Components like inductors and capacitors constitute an integral part of filters and oscillators used for communication and biomedical applications. A common problem intrinsic to passive inductors is their enormous size as their value increases. Efforts have been made to actively simulate such passive devices.

In biomedical applications, various filter and oscillator structures need to operate at very low frequencies (less than 50 Hz). Brain-wave frequencies are typically in the low-Hertz range (e.g., Delta: 0-4 Hz, Theta: 4-8 Hz, Alpha: 8-12 Hz, Beta1: 14-16 Hz, Beta2: 16-20 Hz, etc.). Hence, very high-value inductors and capacitors are often required when designing devices such as EEG instruments.

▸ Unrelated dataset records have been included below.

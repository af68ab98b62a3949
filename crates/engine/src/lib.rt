// What a host calls: the run of a patch, with its checks. Every input gets an answer.
// Stands above `stages` and magnetron, and relies on their published contracts.
#![tactic(auto)]

pub mod check;
pub mod records;
pub mod run;
pub mod turn;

To achieve such high values (e.g., greater than 1000 H) using conventional impedance simulating circuits, very high-value resistors would be needed. This is not feasible for integrated circuit technology.

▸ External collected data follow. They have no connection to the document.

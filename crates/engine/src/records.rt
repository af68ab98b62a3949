// What a run is given: the patch, the records and its window by value, and the slices that are lent.
use magnetron::pool::Pools;
use stages::patch::Patch;
use stages::state::States;
use stages::window::RenderWindow;

#[derive(Clone, Copy)]
pub(crate) struct Records {
    pub patch: Patch,
    pub pools: Pools,
    pub states: States,
    pub window: RenderWindow,
}

// The order and the lent slices, as they are before the first sample: what the checks look at.
#[derive(Clone, Copy)]
pub(crate) struct Lent<'a> {
    pub order: &'a [u8],
    pub internal: &'a [f64],
    pub external: &'a [f64],
    pub zeros: &'a [f64],
    pub rings: &'a [f64],
    pub values: &'a [f64],
}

An economical and versatile circuit is presented here that can simulate high-value, grounded inductors. It can also function like an impedance multiplier/scalar. In addition, this arrangement provides the added advantage of tunability, since a wide range of values can be achieved without disturbing the design. The design, as shown in Figure 1, is robust and economical. It uses a commonly available dual transconductance op amp (OTA) chip from National Semiconductor (LM13600) and off-the-shelf µA741 op amps. With G_{M} as the OTA transconductance, the input impedance of the circuit is:

V_{IN}/I_{IN} = Z_{5}/(G_{M1}G_{M2}Z_{3}Z_{4})

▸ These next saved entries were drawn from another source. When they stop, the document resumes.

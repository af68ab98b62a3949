// A stage's turn, once the checks have passed: it reads its inputs, plays its window and writes its outputs.
// Rests on what the checks have established (`Ready`), and on the machines of machine.rt.
ghost use Rattle.std.specs.Prelude.{◌≡◌, ◌≤◌};
ghost use Rattle.order.specs.Order.{runs};
ghost use Rattle.magnetron.specs.Buffers.{pick, cleared, list_of};
ghost use Rattle.magnetron.specs.Pools.{base_of, banks_of, sided};
ghost use Rattle.stages.specs.Stage.{outputs_of, own as owned};
ghost use Rattle.engine.specs.Run.{told_of};
ghost use Rattle.engine.specs.Inside.{Placed, sources_of, target_of, Wired, Ready, Begun, second_in, Turned};

use magnetron::buffer::{BufferIndex, Marks};
use magnetron::inputs::Inputs;
use magnetron::output::Target;
use magnetron::pool::Pools;
use magnetron::source::{Source, source_of};
use microwave::parameter::{first_number, numbers_found, of_pair, required};
use microwave::window::gain_window;
use stages::kind::Side;
use stages::machine::Sources;
use stages::stage::Stage;
use stages::state::State;
use stages::window::RenderWindow;
use util::reach::Reach;

// Where the loop that writes `output` finds the inputs.
// Stays: the new form is no plainer: magnetron's `put` takes inputs apart too, but after one match for both it would have to ask again whether it is a copy or a product.
fn sources(inputs: Inputs, pools: Pools, marks: Marks, output: BufferIndex) -> Sources
    requires { Placed pools (list_of inputs) }
    ensures { result ≡ sources_of pools marks output (list_of inputs) }
{
    match inputs {
        Inputs::Nothing => Sources {
            first: Source::Zeros,
            second: Source::Zeros,
        },
        Inputs::One(a) => Sources {
            first: source_of(pools, marks, a, output),
            second: Source::Zeros,
        },
        Inputs::Two(a, b) => Sources {
            first: source_of(pools, marks, a, output),
            second: source_of(pools, marks, b, output),
        },
    }
}

// A stage whose turn it is: what it remembers, the marks by then, and what holds for the whole run.
#[derive(Clone, Copy)]
pub(crate) struct Turn<'a> {
    pub stage: Stage,
    pub state: State,
    pub marks: Marks,
    pub pools: Pools,
    pub window: RenderWindow,
    pub values: &'a [f64],
}

// What a turn leaves of its stage: what it remembers, and whether its string reached its note.
#[derive(Clone, Copy)]
pub(crate) struct Taken {
    pub state: State,
    pub reach: Reach,
}

// Where an output is written, and how: by its own mark.
// Stays: the new form is no plainer: one for this and magnetron's `put` would take the same five arguments for one record.
fn target_of(pools: Pools, marks: Marks, samples: usize, output: BufferIndex, level: f64) -> Target
    requires { base_of pools output ≤ 65536 }
    ensures { result ≡ target_of pools marks samples output level }
{
    Target {
        base: pools.base_of(output),
        samples,
        stale: marks.at(output),
        level,
    }
}

impl Turn<'_> {
    // One window of the stage's own output: `own` is its pool, `ring` the stage's ring.
    fn render(&self, ring: &mut [f64], own: &mut [f64], other: &[f64]) -> Taken
        requires { Ready self.now.pools self.now.window self.now.values.now self.now.stage self.now.marks (owned self.now.state ring.old) own.old other.now }
        ensures reach_value { result.reach ≡ told_of self.now.window self.now.values.now self.now.stage }
        ensures begun { Begun self.now.pools self.now.window self.now.values.now self.now.stage
            (owned self.now.state ring.old) (sided self.now.stage.output own.old other.now self.now.marks)
            (owned result.state ring.new) (sided self.now.stage.output own.new other.now (cleared self.now.stage.output self.now.marks)) }
    {
        let stage = self.stage;
        let window = self.window;
        let level = first_number(stage.level_asks(), self.values, window.render_window_secs);
        let numbers = stage.kind.numbers(self.values, window.render_window_secs);
        let target = target_of(
            self.pools,
            self.marks,
            window.buffer_len,
            stage.output,
            level,
        );
        let inputs = sources(stage.kind.inputs(), self.pools, self.marks, stage.output);
        let machine = stage.kind.settle(numbers, window, self.state);
        let reach = machine.reach(window.buffer_len);
        let state = machine.play(
            stage.kind.enter(numbers, self.state),
            ring,
            own,
            other,
            inputs,
            target,
        );
        Taken { state, reach }
    }

    // The kind of the stage's own output picks the pool that is written.
    // Stays: the new form is no plainer: what would lend both pools in their sequence is the same match, which stands in `take` and in magnetron's `write_1` once more.
    fn begin(&self, ring: &mut [f64], internal: &mut [f64], external: &mut [f64]) -> Taken
        requires { Ready self.now.pools self.now.window self.now.values.now self.now.stage self.now.marks (owned self.now.state ring.old)
            (pick self.now.stage.output internal.old external.old) (pick self.now.stage.output external.old internal.old) }
        ensures reach_value { result.reach ≡ told_of self.now.window self.now.values.now self.now.stage }
        ensures begun { Begun self.now.pools self.now.window self.now.values.now self.now.stage
            (owned self.now.state ring.old) (banks_of internal.old external.old self.now.marks)
            (owned result.state ring.new) (banks_of internal.new external.new (cleared self.now.stage.output self.now.marks)) }
    {
        match self.stage.output {
            BufferIndex::External(_) => self.render(ring, external, internal),
            BufferIndex::Internal(_) => self.render(ring, internal, external),
        }
    }

    // One window of a second output, once the stage's own is written: the marks, and so what is heard, are still those of before.
    fn render_second(&self, side: Side, own: &mut [f64], other: &[f64])
        requires { Wired self.now.pools self.now.window self.now.stage self.now.marks side.output own.old other.now }
        ensures { own.new ≡ second_in self.now.pools self.now.window self.now.values.now self.now.stage self.now.marks side own.old other.now }
    {
        let stage = self.stage;
        let window = self.window;
        let asks = [
            of_pair(side.out_level, stage.out_level),
            required(side.gain),
        ];
        let numbers = numbers_found(asks, self.values, window.render_window_secs);
        let target = target_of(
            self.pools,
            self.marks,
            window.buffer_len,
            side.output,
            numbers.first,
        );
        let inputs = sources(stage.kind.inputs(), self.pools, self.marks, side.output);
        gain_window(numbers.second, own, other, inputs.first, target);
    }

    // Both outputs, or the one that there is.
    pub(crate) fn take(&self, ring: &mut [f64], internal: &mut [f64], external: &mut [f64]) -> Taken
        requires { Ready self.now.pools self.now.window self.now.values.now self.now.stage self.now.marks (owned self.now.state ring.old)
            (pick self.now.stage.output internal.old external.old) (pick self.now.stage.output external.old internal.old) }
        ensures reach_value { result.reach ≡ told_of self.now.window self.now.values.now self.now.stage }
        ensures turned { Turned self.now.pools self.now.window self.now.values.now self.now.stage
            (owned self.now.state ring.old) (banks_of internal.old external.old self.now.marks)
            (owned result.state ring.new) (banks_of internal.new external.new (runs cleared (outputs_of self.now.stage) self.now.marks)) }
    {
        let taken = self.begin(ring, internal, external);
        let Some(side) = self.stage.kind.second() else {
            return taken;
        };
        match side.output {
            BufferIndex::External(_) => self.render_second(side, external, internal),
            BufferIndex::Internal(_) => self.render_second(side, internal, external),
        }
        taken
    }
}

where Z_{I }can be resistors or capacitors and

G_{M}=I_{B}/2V_{T}

where I_{B} is the OTA bias current.

Since G_{M} can be varied theoretically up to six decades (per datasheet), the overall impedance function can be varied up to 12 decades. This yields a possible multiplication factor of nearly 2.5 × 10^{11}.

Figure 2 shows a bandpass filter (BPF), using this scheme, which is very useful when designing EEG instruments. Though the BPF has been configured to pass Theta-type waves (associated with lifelike imagination, particularly dominant in children), the intuitive use of OTA for design makes it possible to program the filter for any wave frequency by simply tuning the bias current.

With the component values shown, the filter yields a center frequency of approximately 7 Hz and a Q factor of about one.

The OTA amps are biased with 1-µA currents. (Widlar-type current mirrors are capable of supplying such low currents while using nominal resistor values). It should be mentioned that, although the scheme synthesizes grounded impedances, the circuit can easily be converted into a floating structure using only an additional OTA and an on-chip buffer (This grounded-to-floating conversion method is attributed to Prof. Raj Senani).